Wednesday, December 5, 2012

Choosing a Degree before Farming

It is hard for me to believe that my time at the University of Nebraska-Lincoln is about to come to an end! On December 15th, I will officially be ending my college career and entering the workforce as I graduate with a degree in agricultural economics and a minor in international agriculture. As I begin the next chapter of my life working in agribusiness for Cooperative Producers Inc., I will also begin farming. Ever since I was a little tike, I always dreamed of being a farmer when I grew up and now that dream becomes reality!

Yet, it's interesting when I tell people what I plan on doing after I graduate college. I won't forget the time a friend asked me what I planned on doing after college.

Friend: "So what do you plan on doing after you graduate college?"
Me: "Well, possibly do something in Ag business for a little bit, but most likely go back to the farm."
Friend: "Really, you're going to farm? That seems like a waste of four years and tuition money." 

That last statement by my friend put me in shock. I couldn't believe they thought that going to college was a waste of time and money if I was planning to become a farmer after college. However, it made me start thinking about whether or not going to college was really worth it if all I wanted to do was farm. I mean, yea, I could have went straight into farming and saved money that instead was spent on an education. Yet, the more I thought about it, I realized that going to college and getting a degree was actually going to benefit me in the long run, whether or not I farmed.
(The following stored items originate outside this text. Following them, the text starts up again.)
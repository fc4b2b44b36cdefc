//! Where a scenario comes from: a text that is one, or a test.

ghost use Rattle.std.specs.Prelude.{◌≡◌, IfErr, IfOk, IfSome, Ok, length, map};
ghost use Rattle.trace_scenario.specs.DeviceLines.{device_lines};
ghost use Rattle.trace_scenario.specs.Runnable.{IsRunnable};
ghost use Rattle.trace_scenario.specs.StepLines.{numbered, step_lines};
ghost use Rattle.trace_scenario.specs.Scenario.{scenario_of};
ghost use Rattle.usb_scripttext.specs.Results.{AnswersAs, IsFaultOf};
ghost use Rattle.trace_main.specs.Source.{IsReadAs, IsReadFirst, Stands, scenario_in, text_in, told_lines, told_number};

use std::alloc::{AllocError, Global};
use std::marker::Model;
use trace_scenario::{Lined, NumberedLine, Scenario, read_lined, read_scenario};
use trace_test::{Expanded, scenario_text};
use usb_scripttext::TextFault;

/// A text, and the scenario that it stands for: itself where it is one, and what its lines stand for in a test where it isn't.
#[derive(Drop)]
pub(crate) struct Source<'a> {
    /// The text.
    given: &'a [u8],
    /// What it stands for, where it is no scenario itself.
    expanded: Option<Expanded>,
}

/// A text that was opened.
#[derive(Drop)]
pub(crate) struct Opened<'a> {
    pub(crate) source: Source<'a>,
    /// The scenario with its lines, where the text is one itself. To know that it was read, and needn't be once more.
    pub(crate) first: Option<Lined<'a>>,
}

impl<'a> Model for Source<'a> {
    ghost use Rattle.trace_main.specs.Source.{Source};

    ghost Value = { Source };

    ghost view = { λ src. record { given = src.given.now; expanded = src.expanded } };
}

/// The scenario of a text, as it was read first, where it was.
pub(crate) fn scenario_of(
    alloc: Global,
    text: &[u8],
    first: Option<Lined<'_>>,
) -> Result<Scenario, TextFault>
    requires { IfSome first (IsReadAs text.now) }
    ensures scenario { AnswersAs result (scenario_of text.now) }
    ensures runnable { IfOk result (λ s. IsRunnable s) }
{
    match first {
        Some(Lined { scenario, .. }) => Ok(scenario),
        None => read_scenario(alloc, text),
    }
}

impl<'a> Source<'a> {
    /// What a text stands for. An error where memory is refused.
    #[tactic(auto, using(crate::proofs::Sources::itself, crate::proofs::Sources::as_test))]
    pub(crate) fn open(alloc: Global, given: &'a [u8]) -> Result<Opened<'a>, AllocError>
        ensures stands { IfOk result (λ opened. Stands opened.source) }
        ensures given { IfOk result (λ opened. opened.source.given ≡ given.now) }
        ensures first { IfOk result (λ opened. IsReadFirst opened.source opened.first) }
    {
        match read_lined(alloc, given) {
            Ok(read) => Ok(Opened {
                source: Source {
                    given,
                    expanded: None,
                },
                first: Some(read),
            }),
            Err(TextFault::Line(_)) => Ok(Opened {
                source: Source {
                    given,
                    expanded: Some(scenario_text(alloc, given)?),
                },
                first: None,
            }),
            Err(TextFault::Memory) => Err(AllocError),
        }
    }

    /// The text of the scenario.
    pub(crate) fn text(&self) -> &[u8]
        ensures { result.now ≡ text_in self.now }
    {
        match &self.expanded {
            Some(expanded) => expanded.text.as_slice(),
            None => self.given,
        }
    }

    /// The number by which a line of the scenario is told.
    pub(crate) fn number(&self, line: u64) -> u64
        ensures { result ≡ told_number self.now line }
    {
        match &self.expanded {
            Some(expanded) => expanded.origin(line),
            None => line,
        }
    }

    /// The scenario with the lines of its steps and devices, by their numbers in it, as it was read first, where it was. A bad line is told
    /// as the text has it.
    #[tactic(auto, using(crate::proofs::Sources::told_good, crate::proofs::Sources::told_bad))]
    pub(crate) fn read<'b>(
        &'b self,
        alloc: Global,
        first: Option<Lined<'b>>,
    ) -> Result<Lined<'b>, TextFault>
        requires { IsReadFirst self.now first }
        ensures scenario { IfOk result (λ read. scenario_in self.now ≡ Ok read.scenario) }
        ensures fault { IfErr result (λ fault. IsFaultOf fault (scenario_in self.now)) }
        ensures runnable { IfOk result (λ read. IsRunnable read.scenario) }
        ensures lines { IfOk result (λ read. map numbered read.lines.items ≡ step_lines (text_in self.now)) }
        ensures devices { IfOk result (λ read. read.devices.items ≡ device_lines (text_in self.now)) }
        ensures each { IfOk result (λ read. length read.lines.items ≡ length read.scenario.plan) }
    {
        if let Some(read) = first {
            return Ok(read);
        }
        match read_lined(alloc, self.text()) {
            Ok(read) => Ok(read),
            Err(TextFault::Line(line)) => Err(TextFault::Line(self.number(line))),
            Err(TextFault::Memory) => Err(TextFault::Memory),
        }
    }

    /// The scenario alone, in the same way.
    #[tactic(auto, using(crate::proofs::Sources::told_good, crate::proofs::Sources::told_bad))]
    pub(crate) fn scenario(
        &self,
        alloc: Global,
        first: Option<Lined<'_>>,
    ) -> Result<Scenario, TextFault>
        requires { IsReadFirst self.now first }
        ensures scenario { IfOk result (λ s. scenario_in self.now ≡ Ok s) }
        ensures fault { IfErr result (λ fault. IsFaultOf fault (scenario_in self.now)) }
        ensures runnable { IfOk result (λ s. IsRunnable s) }
    {
        match scenario_of(alloc, self.text(), first) {
            Ok(scenario) => Ok(scenario),
            Err(TextFault::Line(line)) => Err(TextFault::Line(self.number(line))),
            Err(TextFault::Memory) => Err(TextFault::Memory),
        }
    }

    /// Lines with the numbers by which they are told.
    pub(crate) fn told<'b>(
        &self,
        alloc: Global,
        lines: &[NumberedLine<'b>],
    ) -> Result<Vec<NumberedLine<'b>>, AllocError>
        ensures lines { IfOk result (λ told. map numbered told.items ≡ told_lines (told_number self.now) (map numbered lines.now)) }
        ensures each { IfOk result (λ told. length told.items ≡ length lines.now) }
    {
        let mut told = Vec::new(alloc);
        for line in lines {
            told.push(NumberedLine {
                number: self.number(line.number),
                text: line.text,
            })?;
        }
        Ok(told)
    }
}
So why then should someone, who is wanting to become a farmer, choose to get an education instead of working on the farm right after graduating high school? Well, I can think of a lot of reasons actually. The first reason I can think of is that going to college allows a person to broaden their education, do things that they might not have been able to do before, such as studying abroad. Second, college allows a person to network with new people and even companies and organizations that they may want to get involved with later in life. For example, I was able to network with farm organizations, such as the Nebraska Corn Board, which I hope to some day possibly get involved with. Third, I was able to take classes that will help me be a successful farmer in the future by being able to understand finances, markets, policy, and agronomy. For instance, I took farm and ranch management classes, commodity marketing classes, and other financial classes. I even took a soil science and plant science class. Fourth, it allows a person to get away from the farm for a little bit and experience life in different ways, such as living in the city. I think getting off the farm for a little bit also makes a person appreciate the type of life a farmer lives. I know it made me appreciate my family's farm life. And the fifth and final reason why going to college instead of farming right away is that a person can get a degree that they will always have. Like anything in life, you aren't always guaranteed the opportunity to farm. Unfortunately with farming there is always the chance of a farmer getting injured, which might not allow them to farm anymore. Yet, if they have a degree, there is a good chance that they will be able to find a good job in something else whereas a farmer with no degree might have a hard time finding a job.

So if you or someone you know is considering becoming a farmer, but aren't sure if they want to go to college first, show them these five reason on what a college education can do for them. This might make them consider getting an education before becoming one of America's many hardworking farmers and ranchers!